▶ **Material provided**
..............................

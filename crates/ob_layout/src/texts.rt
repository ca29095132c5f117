//! Strings of expressions that are used as arrays.

ghost use Rattle.std.specs.Prelude.{ℕ, ◌≡◌, ◌<◌, ◌≤◌, ◌+◌, ◌++◌, [], ◌∷◌, OnOk};
ghost use Rattle.std.specs.Option.{option_copied};
ghost use Rattle.ob_types.specs.declared.types.TypeRef.{TypeRef};
ghost use Rattle.ob_types.specs.TypedView.{designator_view, expr_view, actuals_view};
ghost use Rattle.ob_layout.specs.Texts.{texts_of_value, passed_texts, texts_of_designator, texts_of_expr, texts_of_actuals};
ghost use Rattle.ob_layout.specs.Sizes.{size_of_designator, size_of_expr, size_of_actuals};
ghost use Rattle.ob_layout.specs.Parts.{size_of_part, size_of_parts, texts_of_part, texts_of_parts};
ghost use Rattle.ob_layout.specs.Used.{used, counted, text_of_value, written_text};

use crate::words::counted_words;
use ob_tree::{List, Text};
use ob_types::{Actual, Designator, Passing, TypedExpr, Types, Value};
use std::alloc::{AllocError, Global};

/// A string that is used as an array, and the words that it has among the globals, those above
/// 4,294,967,296 as that number.
#[derive(Drop)]
pub struct UsedText {
    pub text: Text,
    pub words: u64,
}

#[tactic(auto, using(crate::proofs::UsedTexts::one_more))]
fn push_text(
    alloc: Global,
    out: &mut List<UsedText>,
    text: &Text,
    words: u64,
) -> Result<(), AllocError>
    ensures { OnOk result (used out.new ≡ used out.old ++ record { text = text.now; words = words } ∷ []) }
{
    let text = List::from_slice(alloc, text.as_slice())?;
    out.push(UsedText { text, words })
}

fn text_in(value: &Value) -> Option<&Text>
    ensures { option_copied result ≡ text_of_value value.now }
{
    match value {
        Value::Str(text) => Some(text),
        _ => None,
    }
}

#[tactic(auto, using(crate::proofs::UsedTexts::views))]
fn written(e: &TypedExpr) -> Option<&Text>
    ensures { option_copied result ≡ written_text (expr_view e.now) }
{
    match e {
        TypedExpr::Constant(value) => text_in(value),
        TypedExpr::Designator(_) => None,
        TypedExpr::Procedure { .. } => None,
        TypedExpr::Unary { .. } => None,
        TypedExpr::Binary { .. } => None,
        TypedExpr::Logical { .. } => None,
        TypedExpr::CompareTexts { .. } => None,
        TypedExpr::IsPointer { .. } => None,
        TypedExpr::IsRecord { .. } => None,
        TypedExpr::Length(_) => None,
        TypedExpr::Call { .. } => None,
        TypedExpr::CallVariable { .. } => None,
    }
}

#[tactic(auto, using(crate::proofs::UsedTexts::no_text, crate::proofs::UsedTexts::own_text))]
fn texts_in_value(alloc: Global, out: &mut List<UsedText>, value: &Value) -> Result<(), AllocError>
    ensures { OnOk result (used out.new ≡ used out.old ++ texts_of_value value.now) }
{
    match text_in(value) {
        None => Ok(()),
        Some(text) => {
            let bytes = text.as_slice();
            push_text(alloc, out, text, bytes.len() as u64 + 1)
        }
    }
}

// A part of an expression or of a designator that is still to be gone through.
#[derive(Clone, Copy)]
enum Part<'a> {
    Place(&'a Designator),
    Value(&'a TypedExpr),
    Actuals(&'a [Actual]),
}

// What is put last is taken first.
fn put<'a>(parts: &mut Vec<Part<'a>>, part: Part<'a>) -> Result<(), AllocError>
    ensures { OnOk result (parts.new.items ≡ parts.old.items ++ part.entry ∷ []) }
{
    parts.push(part)?;
    Ok(())
}

// Takes an actual parameter apart.
#[tactic(auto, using(crate::proofs::UsedTexts::part_more, crate::proofs::UsedTexts::size_more, crate::proofs::UsedTexts::passed_none, crate::proofs::UsedTexts::passed_text))]
fn take_actual<'a, T: Types>(
    alloc: Global,
    types: &T,
    out: &mut List<UsedText>,
    parts: &mut Vec<Part<'a>>,
    actual: &'a Actual,
) -> Result<(), AllocError>
    ensures texts { OnOk result (used out.new ++ texts_of_parts (counted (T.types types.now)) parts.new.items ≡ used out.old ++ (passed_texts actual.now.passing (expr_view actual.now.value) (counted (T.types types.now) actual.now.formal) (texts_of_expr (counted (T.types types.now)) (expr_view actual.now.value)) ++ texts_of_parts (counted (T.types types.now)) parts.old.items)) }
    ensures size { OnOk result (size_of_parts parts.new.items ≤ size_of_expr (expr_view actual.now.value) + size_of_parts parts.old.items) }
{
    match actual.passing {
        Passing::Structure => match written(&actual.value) {
            None => put(parts, Part::Value(&actual.value)),
            Some(text) => push_text(alloc, out, text, counted_words(types, &actual.formal)),
        },
        Passing::Scalar => put(parts, Part::Value(&actual.value)),
        Passing::OpenArray => put(parts, Part::Value(&actual.value)),
        Passing::Variable => put(parts, Part::Value(&actual.value)),
        Passing::VariableRecord => put(parts, Part::Value(&actual.value)),
        Passing::VariableOpenArray => put(parts, Part::Value(&actual.value)),
    }
}

// Takes the first of some actual parameters apart.
#[tactic(auto, using(crate::proofs::UsedTexts::part_more, crate::proofs::UsedTexts::size_more, crate::proofs::UsedTexts::views))]
fn take_actuals<'a, T: Types>(
    alloc: Global,
    types: &T,
    out: &mut List<UsedText>,
    parts: &mut Vec<Part<'a>>,
    actuals: &'a [Actual],
) -> Result<(), AllocError>
    ensures texts { OnOk result (used out.new ++ texts_of_parts (counted (T.types types.now)) parts.new.items ≡ used out.old ++ (texts_of_actuals (counted (T.types types.now)) (actuals_view actuals.now) ++ texts_of_parts (counted (T.types types.now)) parts.old.items)) }
    ensures size { OnOk result (size_of_parts parts.new.items < size_of_actuals (actuals_view actuals.now) + size_of_parts parts.old.items) }
{
    match actuals {
        [] => Ok(()),
        [first, rest @ ..] => {
            put(parts, Part::Actuals(rest))?;
            take_actual(alloc, types, out, parts, first)
        }
    }
}

// Takes a part apart: its strings that are found at once stand before those of the parts in it.
#[tactic(auto, using(crate::proofs::UsedTexts::part_more, crate::proofs::UsedTexts::size_more, crate::proofs::UsedTexts::views))]
fn take_apart<'a, T: Types>(
    alloc: Global,
    types: &T,
    out: &mut List<UsedText>,
    parts: &mut Vec<Part<'a>>,
    part: Part<'a>,
) -> Result<(), AllocError>
    ensures texts { OnOk result (used out.new ++ texts_of_parts (counted (T.types types.now)) parts.new.items ≡ used out.old ++ (texts_of_part (counted (T.types types.now)) part.entry ++ texts_of_parts (counted (T.types types.now)) parts.old.items)) }
    ensures size { OnOk result (size_of_parts parts.new.items < size_of_part part.entry + size_of_parts parts.old.items) }
{
    match part {
        Part::Place(d) => match d {
            Designator::Variable { .. } => Ok(()),
            Designator::Field { inner, .. } => put(parts, Part::Place(inner.get())),
            Designator::Index { inner, index, .. } => {
                put(parts, Part::Value(index.get()))?;
                put(parts, Part::Place(inner.get()))
            }
            Designator::Deref { inner, .. } => put(parts, Part::Place(inner.get())),
            Designator::Guard { inner, .. } => put(parts, Part::Place(inner.get())),
        },
        Part::Value(e) => match e {
            TypedExpr::Constant(value) => texts_in_value(alloc, out, value),
            TypedExpr::Designator(d) => put(parts, Part::Place(d)),
            TypedExpr::Procedure { .. } => Ok(()),
            TypedExpr::Unary { operand, .. } => put(parts, Part::Value(operand.get())),
            TypedExpr::Binary { left, right, .. } => {
                put(parts, Part::Value(right.get()))?;
                put(parts, Part::Value(left.get()))
            }
            TypedExpr::Logical { left, right, .. } => {
                put(parts, Part::Value(right.get()))?;
                put(parts, Part::Value(left.get()))
            }
            TypedExpr::CompareTexts { left, right, .. } => {
                put(parts, Part::Value(right.get()))?;
                put(parts, Part::Value(left.get()))
            }
            TypedExpr::IsPointer { operand, .. } => put(parts, Part::Value(operand.get())),
            TypedExpr::IsRecord { inner, .. } => put(parts, Part::Place(inner)),
            TypedExpr::Length(d) => put(parts, Part::Place(d)),
            TypedExpr::Call { actuals, .. } => put(parts, Part::Actuals(actuals.as_slice())),
            TypedExpr::CallVariable { inner, actuals, .. } => {
                put(parts, Part::Actuals(actuals.as_slice()))?;
                put(parts, Part::Place(inner))
            }
        },
        Part::Actuals(actuals) => take_actuals(alloc, types, out, parts, actuals),
    }
}

// The parts wait in a list of their own, so a long chain of operators or of selectors takes no
// more of the stack than a short one.
fn texts_in<T: Types>(
    alloc: Global,
    types: &T,
    out: &mut List<UsedText>,
    part: Part<'_>,
) -> Result<(), AllocError>
    ensures { OnOk result (used out.new ≡ used out.old ++ texts_of_part (counted (T.types types.now)) part.entry) }
{
    let mut parts = Vec::new(alloc);
    take_apart(alloc, types, out, &mut parts, part)?;
    'parts: while let Some(next) = parts.pop() {
        take_apart(alloc, types, out, &mut parts, next)?;
    }
    Ok(())
}

/// Puts the strings that an expression uses as arrays behind those that are there.
pub fn texts_of_expression<T: Types>(
    alloc: Global,
    types: &T,
    out: &mut List<UsedText>,
    e: &TypedExpr,
) -> Result<(), AllocError>
    ensures { OnOk result (used out.new ≡ used out.old ++ texts_of_expr (counted (T.types types.now)) (expr_view e.now)) }
{
    texts_in(alloc, types, out, Part::Value(e))
}

/// Puts the strings that a designator uses as arrays behind those that are there.
pub fn texts_of_place<T: Types>(
    alloc: Global,
    types: &T,
    out: &mut List<UsedText>,
    d: &Designator,
) -> Result<(), AllocError>
    ensures { OnOk result (used out.new ≡ used out.old ++ texts_of_designator (counted (T.types types.now)) (designator_view d.now)) }
{
    texts_in(alloc, types, out, Part::Place(d))
}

..............................

▶ **Problem requirements**
Pull every line containing "Unary" out of the entries.

▶ **Your solution**
        TypedExpr::Unary { .. } => None,
            TypedExpr::Unary { operand, .. } => put(parts, Part::Value(operand.get())),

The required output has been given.